Clustering in machine learning
Valérie Bécaert Valérie Bécaert
February 25 5 min

Clustering in machine learning

Humans have searched for patterns long before the existence of AI. It’s fundamental to the inquisitive nature of the human, to notice similarities in the world and discover new meaning and hidden knowledge. But now we’ve got a new and powerful helper that can handle the incredible volume of data being created in the 21st century and interpret it using techniques such as clustering in machine learning.

Clustering is a fascinating field of data science. AI-driven cluster analysis is being applied by all kinds of organizations – from businesses to scientific researchers – to glean valuable insights across every facet of life. In this article, we’ll explore how clustering works, how it originated, and how it’s being used.

Spot the similarity

Clustering refers to grouping data together according to interesting/useful similarities. The concept is often credited to anthropologists Alfred Kroeber and Harold Driver. Their 1932 paper, Quantitative Expression of Cultural Relationships, is concerned with how certain cultural traits, (such as religious beliefs or styles of architecture) cross ethnicities and societies and, in some cases these traits are found in particular clusters of cultures. Essentially, they wanted to use pattern recognition to analyze anthropological data and gain insights that span swathes of humanity.
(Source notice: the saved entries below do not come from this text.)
// Why a run can't be judged to its end.
ghost use Rattle.std.specs.Prelude.{◌≡◌};

use std::alloc::{AllocError, AllocFailed};
use std::io;
use test_runner_core_log_reader::LogFault;
use test_runner_core_reporter::ReportFault;
use thiserror::Error;

/// Why a run can't be judged to its end. What the report took until then is a prefix of it.
#[derive(Debug, Drop, Error)]
pub enum JudgeFault {
    /// There was no memory.
    #[error("out of memory")]
    Memory,
    /// The reader failed. It is not asked again.
    #[error("the log can't be read: {0}")]
    Read(io::Error),
    /// The report's writer failed, or took none of some bytes. It is not asked again.
    #[error("the report can't be written: {0}")]
    Write(io::Error),
}

impl From<LogFault> for JudgeFault {
    ghost use Rattle.std.specs.Prelude.{◌≡◌};
    ghost use Rattle.test_runner_core.specs.Faults.{fault_of};

    ghost from_gives = { λ fault gives. gives ≡ fault_of fault };

    fn from(fault: LogFault) -> JudgeFault {
        match fault {
            LogFault::Memory => JudgeFault::Memory,
            LogFault::Read(cause) => JudgeFault::Read(cause),
        }
    }
}

impl From<ReportFault> for JudgeFault {
    ghost use Rattle.std.specs.Prelude.{◌≡◌};
    ghost use Rattle.test_runner_core.specs.Faults.{fault_of_reporting};

    ghost from_gives = { λ fault gives. gives ≡ fault_of_reporting fault };

    fn from(fault: ReportFault) -> JudgeFault {
        match fault {
            ReportFault::Memory => JudgeFault::Memory,
            ReportFault::Write(cause) => JudgeFault::Write(cause),
        }
    }
}

impl From<AllocError> for JudgeFault {
    ghost use Rattle.std.specs.Prelude.{◌≡◌};
    ghost use Rattle.test_runner_core.specs.declared.judge_fault.JudgeFault.TheVariants.{Memory};

    ghost from_gives = { λ _ fault. fault ≡ Memory };

    fn from(_error: AllocError) -> JudgeFault {
        JudgeFault::Memory
    }
}

impl<T: Drop> From<AllocFailed<T>> for JudgeFault {
    ghost use Rattle.std.specs.Prelude.{◌≡◌};
    ghost use Rattle.test_runner_core.specs.declared.judge_fault.JudgeFault.TheVariants.{Memory};

    ghost from_gives = { λ _ fault. fault ≡ Memory };

    fn from(_error: AllocFailed<T>) -> JudgeFault {
        JudgeFault::Memory
    }
}
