// A regular expression with its text.
ghost use Rattle.std.specs.Prelude.{◌≡◌, ◌↔◌, true, IfOk, Err};
ghost use Rattle.nextest_filtering_ast.specs.Meaning.{IsFoundIn};
ghost use Rattle.nextest_filtering_ast.specs.declared.pattern.PatternError.TheVariants.{Syntax};
ghost use Rattle.nextest_filtering_ast.specs.Tree.{IsRegex};

use regex::{Error as RegexError, Matcher, Regex};
use std::alloc::{AllocError, AllocFailed, Global};
use std::fmt;
use std::marker::Model;
use std::sync::Arc;
use thiserror::Error;

/// A regular expression that `regex` reads. In a clause it is the list of its text's bytes. It
/// stands behind a shared pointer: trees are small, and copies share what was read.
pub struct Pattern {
    regex: Arc<Regex>,
}

impl Model for Pattern {
    ghost use Rattle.std.specs.Prelude.{List, ℕ, ◌≡◌};
    ghost use Rattle.std.specs.Arc.{arc_value};
    ghost use Rattle.regex.specs.Strings.{regex_source, regex_config, IsReadFromSource};
    ghost use Rattle.regex.specs.Patterns.{default_config};

    ghost Value = { List ℕ };

    ghost view = { λ p. regex_source (arc_value p.regex) };

    ghost invariant = { λ p. (regex_config (arc_value p.regex) ≡ default_config)
        × IsReadFromSource (arc_value p.regex) };
}

// Code that drops one calls this, and doesn't look into it.
impl Drop for Pattern {
    fn drop(self) {
        let Pattern { regex: _ } = self;
    }
}

/// Why a text is no regular expression.
#[derive(Clone, Copy, Debug, PartialEq, Eq, Error)]
pub enum PatternError {
    /// It isn't in the grammar of `regex`, or nests too deep for it.
    #[error("the text is no regular expression")]
    Syntax,
    /// There is no memory for it, which takes in that it is too large for `regex`.
    #[error("out of memory")]
    OutOfMemory,
}

impl<T: Drop> From<AllocFailed<T>> for PatternError {
    ghost use Rattle.nextest_filtering_ast.specs.declared.pattern.PatternError.TheVariants.{OutOfMemory};

    ghost from_gives = { λ _ error. error ≡ OutOfMemory };

    fn from(_: AllocFailed<T>) -> PatternError {
        PatternError::OutOfMemory
    }
}

impl Pattern {
    /// The regular expression that `text` is. `Syntax` says that it is none, and `OutOfMemory` says
    /// nothing of the text.
    pub fn new(alloc: Global, text: &str) -> Result<Pattern, PatternError>
        ensures text { IfOk result (λ it. it ≡ text.now) }
        ensures read { IfOk result (λ it. IsRegex text.now) }
        ensures refused { result ≡ Err Syntax → IsRegex text.now → ⊥ }
    {
        match Regex::new(alloc, text) {
            Ok(regex) => Ok(Pattern {
                regex: Arc::new(alloc, regex)?,
            }),
            Err(RegexError::Syntax(_)) => Err(PatternError::Syntax),
            Err(_) => Err(PatternError::OutOfMemory),
        }
    }

    /// What it takes to look for it in texts. It fails only on allocation.
    pub fn matcher(&self, alloc: Global) -> Result<PatternMatcher<'_>, AllocError>
        ensures { IfOk result (λ it. it ≡ self.now) }
    {
        Ok(PatternMatcher {
            pattern: self,
            matcher: self.regex.matcher(alloc)?,
        })
    }

    /// The text of the pattern.
    pub fn as_str(&self) -> &str
        ensures { result.now ≡ self.now }
    {
        self.regex.as_str()
    }
}

/// A regular expression, lent, with what it takes to look for it in texts one after another,
/// without more memory. In a clause it is the list of its text's bytes.
pub struct PatternMatcher<'p> {
    pattern: &'p Pattern,
    matcher: Matcher<'p>,
}

impl<'p> Model for PatternMatcher<'p> {
    ghost use Rattle.std.specs.Prelude.{List, ℕ};
    ghost use Rattle.nextest_filtering_ast.specs.Inside.{IsFor};

    ghost Value = { List ℕ };

    ghost view = { λ it. it.pattern.now };

    ghost invariant = { λ it. IsFor it.pattern.now it.matcher };
}

// Code that drops one calls this, and doesn't look into it.
impl<'p> Drop for PatternMatcher<'p> {
    fn drop(self) {
        let PatternMatcher {
            pattern: _,
            matcher: _,
        } = self;
    }
}

impl<'p> PatternMatcher<'p> {
    /// Whether a part of the text matches the regular expression.
    pub fn is_match(&mut self, text: &str) -> bool
        ensures exact { (result ≡ true) ↔ IsFoundIn self.old text.now }
        ensures same { self.new ≡ self.old }
    {
        self.matcher.is_match(text)
    }
}

impl fmt::Debug for Pattern {
    fn fmt<W: fmt::Write>(&self, f: &mut fmt::Formatter<W>) -> fmt::Result {
        fmt::Debug::fmt(self.as_str(), f)
    }
}

// The copy shares the regular expression, which isn't read again.
impl Clone for Pattern {
    ghost is_clone = { λ original copy. copy ≡ original };

    fn clone(&self) -> Result<Pattern, AllocError> {
        Ok(Pattern {
            regex: self.regex.clone()?,
        })
    }
}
It wasn’t long until cluster analysis was adopted by another area of study: psychology. Educational psychologist Joseph Zubin referred to it as “a technique for measuring like-mindedness” in his 1938 paper of the same name. He described it as a method of subdividing people into groups who think the same way in terms of certain social criteria. Clustering was quickly adopted by contemporaries such as behavior psychologist Robert Tryon and pioneering personality theorist Raymond Cattell. From there, cluster studies spread throughout the rest of the sciences.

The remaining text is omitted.